(Stored items)
——
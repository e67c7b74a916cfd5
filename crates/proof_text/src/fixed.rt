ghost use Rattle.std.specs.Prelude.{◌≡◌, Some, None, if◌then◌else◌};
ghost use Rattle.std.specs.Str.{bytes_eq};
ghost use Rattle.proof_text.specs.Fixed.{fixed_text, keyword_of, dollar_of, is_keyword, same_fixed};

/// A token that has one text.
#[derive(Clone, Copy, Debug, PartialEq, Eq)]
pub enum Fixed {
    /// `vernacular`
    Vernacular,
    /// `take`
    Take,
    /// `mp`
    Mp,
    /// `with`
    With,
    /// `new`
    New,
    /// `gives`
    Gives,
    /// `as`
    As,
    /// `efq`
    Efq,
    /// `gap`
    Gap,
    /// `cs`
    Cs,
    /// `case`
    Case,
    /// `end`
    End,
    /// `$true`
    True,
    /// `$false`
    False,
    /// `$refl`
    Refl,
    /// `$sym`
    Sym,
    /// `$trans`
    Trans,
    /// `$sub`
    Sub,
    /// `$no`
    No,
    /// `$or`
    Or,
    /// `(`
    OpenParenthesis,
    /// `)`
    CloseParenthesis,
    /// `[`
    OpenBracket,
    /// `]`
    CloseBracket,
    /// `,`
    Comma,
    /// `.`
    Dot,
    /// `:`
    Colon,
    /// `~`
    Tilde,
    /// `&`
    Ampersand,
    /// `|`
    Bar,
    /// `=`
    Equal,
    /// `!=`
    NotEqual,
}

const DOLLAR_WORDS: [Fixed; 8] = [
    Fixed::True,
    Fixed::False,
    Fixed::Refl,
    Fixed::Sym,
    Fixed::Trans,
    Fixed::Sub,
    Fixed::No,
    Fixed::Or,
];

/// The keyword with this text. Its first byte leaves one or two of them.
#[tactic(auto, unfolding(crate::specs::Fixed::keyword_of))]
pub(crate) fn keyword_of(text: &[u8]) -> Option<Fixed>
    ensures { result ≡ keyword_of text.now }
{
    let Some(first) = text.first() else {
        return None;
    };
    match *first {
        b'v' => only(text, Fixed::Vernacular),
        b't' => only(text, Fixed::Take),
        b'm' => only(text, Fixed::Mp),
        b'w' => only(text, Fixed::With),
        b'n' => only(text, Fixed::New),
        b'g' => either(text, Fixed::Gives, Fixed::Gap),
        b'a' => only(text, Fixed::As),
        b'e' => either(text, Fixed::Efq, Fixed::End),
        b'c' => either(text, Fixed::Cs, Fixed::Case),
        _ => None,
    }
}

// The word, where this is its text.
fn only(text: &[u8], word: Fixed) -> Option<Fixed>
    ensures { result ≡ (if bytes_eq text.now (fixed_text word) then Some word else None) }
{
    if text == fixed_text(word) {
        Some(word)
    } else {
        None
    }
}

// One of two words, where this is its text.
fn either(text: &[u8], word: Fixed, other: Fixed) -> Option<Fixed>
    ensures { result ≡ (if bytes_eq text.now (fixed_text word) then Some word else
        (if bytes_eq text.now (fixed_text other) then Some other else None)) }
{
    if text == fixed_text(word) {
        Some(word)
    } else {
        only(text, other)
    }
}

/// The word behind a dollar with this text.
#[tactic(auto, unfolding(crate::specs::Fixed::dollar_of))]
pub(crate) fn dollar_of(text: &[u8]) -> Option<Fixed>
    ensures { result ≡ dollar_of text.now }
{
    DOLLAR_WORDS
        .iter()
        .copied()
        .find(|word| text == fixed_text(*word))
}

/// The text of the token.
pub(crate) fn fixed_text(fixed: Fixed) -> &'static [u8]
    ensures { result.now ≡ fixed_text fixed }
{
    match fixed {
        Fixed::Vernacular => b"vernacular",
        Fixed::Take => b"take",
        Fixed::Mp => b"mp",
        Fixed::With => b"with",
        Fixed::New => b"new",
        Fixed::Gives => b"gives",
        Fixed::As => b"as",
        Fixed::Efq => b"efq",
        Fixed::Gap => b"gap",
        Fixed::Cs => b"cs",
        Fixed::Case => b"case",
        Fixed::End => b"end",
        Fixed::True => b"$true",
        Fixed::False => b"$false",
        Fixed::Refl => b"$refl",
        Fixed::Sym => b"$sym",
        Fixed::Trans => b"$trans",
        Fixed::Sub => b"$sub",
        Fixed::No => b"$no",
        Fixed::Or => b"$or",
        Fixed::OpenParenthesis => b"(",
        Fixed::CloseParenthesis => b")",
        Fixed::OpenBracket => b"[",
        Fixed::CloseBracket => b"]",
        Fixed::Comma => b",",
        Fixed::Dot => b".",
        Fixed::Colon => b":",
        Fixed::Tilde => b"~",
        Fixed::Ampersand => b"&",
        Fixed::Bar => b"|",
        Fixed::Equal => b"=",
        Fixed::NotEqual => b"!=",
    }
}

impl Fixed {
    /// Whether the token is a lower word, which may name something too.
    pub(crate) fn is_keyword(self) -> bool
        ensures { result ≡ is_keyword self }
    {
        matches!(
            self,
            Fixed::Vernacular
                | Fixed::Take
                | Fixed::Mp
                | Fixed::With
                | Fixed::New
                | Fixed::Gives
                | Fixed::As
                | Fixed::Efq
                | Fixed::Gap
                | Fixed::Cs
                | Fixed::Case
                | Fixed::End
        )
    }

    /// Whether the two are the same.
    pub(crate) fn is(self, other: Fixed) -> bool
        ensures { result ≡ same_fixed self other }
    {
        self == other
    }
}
——
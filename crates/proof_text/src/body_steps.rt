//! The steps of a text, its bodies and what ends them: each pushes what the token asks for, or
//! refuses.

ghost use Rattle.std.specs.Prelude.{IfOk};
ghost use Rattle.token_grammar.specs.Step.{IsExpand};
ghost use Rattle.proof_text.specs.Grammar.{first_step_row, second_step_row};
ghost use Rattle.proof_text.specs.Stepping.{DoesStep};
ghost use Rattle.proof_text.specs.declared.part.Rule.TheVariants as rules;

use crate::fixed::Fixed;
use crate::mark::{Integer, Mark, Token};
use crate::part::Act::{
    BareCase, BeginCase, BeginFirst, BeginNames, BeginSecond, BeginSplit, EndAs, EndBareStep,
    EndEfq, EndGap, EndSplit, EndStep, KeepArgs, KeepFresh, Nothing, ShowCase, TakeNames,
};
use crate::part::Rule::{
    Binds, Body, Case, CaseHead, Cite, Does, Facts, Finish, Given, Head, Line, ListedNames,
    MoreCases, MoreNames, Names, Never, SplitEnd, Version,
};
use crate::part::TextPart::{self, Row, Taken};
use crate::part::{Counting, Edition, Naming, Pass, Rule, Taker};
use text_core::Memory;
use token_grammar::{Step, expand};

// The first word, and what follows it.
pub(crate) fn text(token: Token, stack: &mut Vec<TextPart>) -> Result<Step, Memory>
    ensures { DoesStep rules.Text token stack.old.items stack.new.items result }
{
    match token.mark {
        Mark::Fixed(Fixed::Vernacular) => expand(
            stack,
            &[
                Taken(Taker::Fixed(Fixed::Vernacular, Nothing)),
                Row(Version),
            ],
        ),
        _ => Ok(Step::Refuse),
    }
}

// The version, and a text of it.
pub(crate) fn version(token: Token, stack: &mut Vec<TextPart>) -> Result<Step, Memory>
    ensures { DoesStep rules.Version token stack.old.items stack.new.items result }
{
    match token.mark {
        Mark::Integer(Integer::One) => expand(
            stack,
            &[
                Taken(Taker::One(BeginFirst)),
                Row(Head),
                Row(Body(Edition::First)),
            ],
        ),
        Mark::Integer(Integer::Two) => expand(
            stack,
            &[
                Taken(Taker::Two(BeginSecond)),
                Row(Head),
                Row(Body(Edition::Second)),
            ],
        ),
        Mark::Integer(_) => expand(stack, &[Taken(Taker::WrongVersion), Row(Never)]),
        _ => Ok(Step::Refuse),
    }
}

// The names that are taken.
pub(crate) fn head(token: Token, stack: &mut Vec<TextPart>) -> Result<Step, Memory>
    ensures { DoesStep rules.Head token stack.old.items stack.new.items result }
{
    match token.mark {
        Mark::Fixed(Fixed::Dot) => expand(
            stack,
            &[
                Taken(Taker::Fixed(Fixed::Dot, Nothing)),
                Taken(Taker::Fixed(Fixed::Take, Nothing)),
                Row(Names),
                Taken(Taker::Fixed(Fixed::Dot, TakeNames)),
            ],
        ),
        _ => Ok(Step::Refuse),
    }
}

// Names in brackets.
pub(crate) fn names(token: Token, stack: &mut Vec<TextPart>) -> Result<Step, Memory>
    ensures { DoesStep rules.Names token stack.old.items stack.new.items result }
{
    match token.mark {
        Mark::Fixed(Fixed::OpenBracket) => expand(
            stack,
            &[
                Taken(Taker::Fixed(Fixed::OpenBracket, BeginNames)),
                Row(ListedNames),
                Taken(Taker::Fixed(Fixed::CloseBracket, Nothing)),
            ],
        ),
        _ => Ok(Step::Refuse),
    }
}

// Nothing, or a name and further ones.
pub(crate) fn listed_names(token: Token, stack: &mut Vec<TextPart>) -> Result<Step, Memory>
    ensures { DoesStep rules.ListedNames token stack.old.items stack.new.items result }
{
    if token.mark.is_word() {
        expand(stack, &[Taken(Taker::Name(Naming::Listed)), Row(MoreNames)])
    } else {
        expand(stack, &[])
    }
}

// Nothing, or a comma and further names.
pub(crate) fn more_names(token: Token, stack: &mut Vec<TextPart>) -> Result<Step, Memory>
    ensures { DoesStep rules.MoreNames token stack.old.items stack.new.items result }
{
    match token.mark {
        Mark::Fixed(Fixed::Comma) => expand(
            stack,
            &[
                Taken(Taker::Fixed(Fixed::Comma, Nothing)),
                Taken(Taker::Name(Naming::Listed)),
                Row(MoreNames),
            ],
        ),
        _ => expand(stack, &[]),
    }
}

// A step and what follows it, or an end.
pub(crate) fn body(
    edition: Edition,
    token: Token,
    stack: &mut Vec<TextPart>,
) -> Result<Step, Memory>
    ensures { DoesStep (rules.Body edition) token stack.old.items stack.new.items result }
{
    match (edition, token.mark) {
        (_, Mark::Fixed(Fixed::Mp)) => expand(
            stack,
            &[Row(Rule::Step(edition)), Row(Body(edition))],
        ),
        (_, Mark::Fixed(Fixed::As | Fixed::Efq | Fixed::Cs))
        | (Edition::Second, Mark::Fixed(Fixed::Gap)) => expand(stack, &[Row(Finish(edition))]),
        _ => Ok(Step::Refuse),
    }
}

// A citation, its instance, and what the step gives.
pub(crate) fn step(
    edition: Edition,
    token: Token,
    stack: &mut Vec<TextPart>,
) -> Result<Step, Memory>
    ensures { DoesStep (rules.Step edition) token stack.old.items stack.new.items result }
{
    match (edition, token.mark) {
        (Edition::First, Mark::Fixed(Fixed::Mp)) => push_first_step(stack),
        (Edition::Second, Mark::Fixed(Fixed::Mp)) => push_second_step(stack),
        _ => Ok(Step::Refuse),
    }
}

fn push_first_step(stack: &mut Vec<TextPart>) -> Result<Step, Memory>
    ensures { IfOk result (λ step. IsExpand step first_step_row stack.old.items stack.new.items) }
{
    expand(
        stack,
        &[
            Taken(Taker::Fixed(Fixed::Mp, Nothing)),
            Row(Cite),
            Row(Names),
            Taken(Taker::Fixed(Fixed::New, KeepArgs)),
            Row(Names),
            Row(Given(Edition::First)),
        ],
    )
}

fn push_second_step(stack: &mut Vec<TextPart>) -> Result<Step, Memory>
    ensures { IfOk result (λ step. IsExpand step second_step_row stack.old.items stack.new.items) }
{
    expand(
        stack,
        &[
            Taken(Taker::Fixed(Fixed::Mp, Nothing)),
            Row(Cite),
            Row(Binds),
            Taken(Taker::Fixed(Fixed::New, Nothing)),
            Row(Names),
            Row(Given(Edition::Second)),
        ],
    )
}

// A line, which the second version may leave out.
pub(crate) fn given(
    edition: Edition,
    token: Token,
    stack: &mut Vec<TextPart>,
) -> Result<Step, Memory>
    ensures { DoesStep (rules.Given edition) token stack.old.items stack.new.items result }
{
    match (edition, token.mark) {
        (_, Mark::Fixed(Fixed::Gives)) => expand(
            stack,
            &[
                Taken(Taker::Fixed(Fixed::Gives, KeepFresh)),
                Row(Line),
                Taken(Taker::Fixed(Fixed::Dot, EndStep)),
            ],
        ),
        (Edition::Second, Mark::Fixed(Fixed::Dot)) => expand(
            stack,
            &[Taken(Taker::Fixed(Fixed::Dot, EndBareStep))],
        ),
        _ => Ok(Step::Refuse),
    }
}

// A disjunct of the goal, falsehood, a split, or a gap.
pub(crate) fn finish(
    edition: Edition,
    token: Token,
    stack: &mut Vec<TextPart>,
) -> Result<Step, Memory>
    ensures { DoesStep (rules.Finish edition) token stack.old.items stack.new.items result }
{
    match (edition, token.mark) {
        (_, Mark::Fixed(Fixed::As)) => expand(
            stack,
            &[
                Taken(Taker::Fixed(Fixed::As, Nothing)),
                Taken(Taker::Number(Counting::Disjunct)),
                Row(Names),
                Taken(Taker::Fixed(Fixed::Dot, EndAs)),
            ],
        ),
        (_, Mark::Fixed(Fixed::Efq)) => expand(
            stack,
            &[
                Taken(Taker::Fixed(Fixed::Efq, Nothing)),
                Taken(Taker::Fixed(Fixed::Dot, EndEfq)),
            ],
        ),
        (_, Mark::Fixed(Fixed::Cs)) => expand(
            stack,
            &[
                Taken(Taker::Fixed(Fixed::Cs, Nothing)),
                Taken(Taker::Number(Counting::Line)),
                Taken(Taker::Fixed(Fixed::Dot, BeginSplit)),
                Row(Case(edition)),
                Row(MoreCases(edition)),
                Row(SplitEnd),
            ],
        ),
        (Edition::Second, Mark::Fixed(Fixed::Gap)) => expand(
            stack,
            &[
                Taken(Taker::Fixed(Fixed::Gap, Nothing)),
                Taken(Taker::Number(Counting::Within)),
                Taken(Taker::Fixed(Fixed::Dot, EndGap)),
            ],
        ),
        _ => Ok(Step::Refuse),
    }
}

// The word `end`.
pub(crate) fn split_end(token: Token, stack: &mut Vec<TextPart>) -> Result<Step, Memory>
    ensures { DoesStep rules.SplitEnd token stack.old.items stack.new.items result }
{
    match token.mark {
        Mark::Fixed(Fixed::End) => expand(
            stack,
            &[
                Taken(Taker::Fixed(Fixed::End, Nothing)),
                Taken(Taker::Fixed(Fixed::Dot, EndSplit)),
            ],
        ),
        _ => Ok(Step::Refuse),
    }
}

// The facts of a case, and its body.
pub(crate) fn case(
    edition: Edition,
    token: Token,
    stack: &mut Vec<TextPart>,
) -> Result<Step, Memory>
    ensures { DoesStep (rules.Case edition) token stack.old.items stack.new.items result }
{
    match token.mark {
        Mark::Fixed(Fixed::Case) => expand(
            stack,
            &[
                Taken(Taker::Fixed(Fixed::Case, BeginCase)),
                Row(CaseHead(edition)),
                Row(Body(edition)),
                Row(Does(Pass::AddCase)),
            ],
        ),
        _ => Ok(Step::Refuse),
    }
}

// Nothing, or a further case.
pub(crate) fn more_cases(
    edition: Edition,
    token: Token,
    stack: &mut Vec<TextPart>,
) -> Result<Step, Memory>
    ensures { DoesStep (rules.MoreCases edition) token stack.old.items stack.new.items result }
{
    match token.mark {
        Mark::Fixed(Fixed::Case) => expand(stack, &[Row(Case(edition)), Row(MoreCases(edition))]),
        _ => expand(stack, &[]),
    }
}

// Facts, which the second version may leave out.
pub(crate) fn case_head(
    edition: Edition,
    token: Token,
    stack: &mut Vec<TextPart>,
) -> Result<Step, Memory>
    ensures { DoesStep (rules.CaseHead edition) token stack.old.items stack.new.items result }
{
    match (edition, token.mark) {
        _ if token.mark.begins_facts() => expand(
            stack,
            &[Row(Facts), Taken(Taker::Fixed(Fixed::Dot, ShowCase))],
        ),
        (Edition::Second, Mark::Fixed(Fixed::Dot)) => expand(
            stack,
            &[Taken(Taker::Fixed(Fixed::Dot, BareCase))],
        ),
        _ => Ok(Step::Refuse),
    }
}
——
◆ Problem ◆
Where a line of the entries holds the string "filename", include it in the count, and give only the final number.

◆ Solution for this exercise ◆
2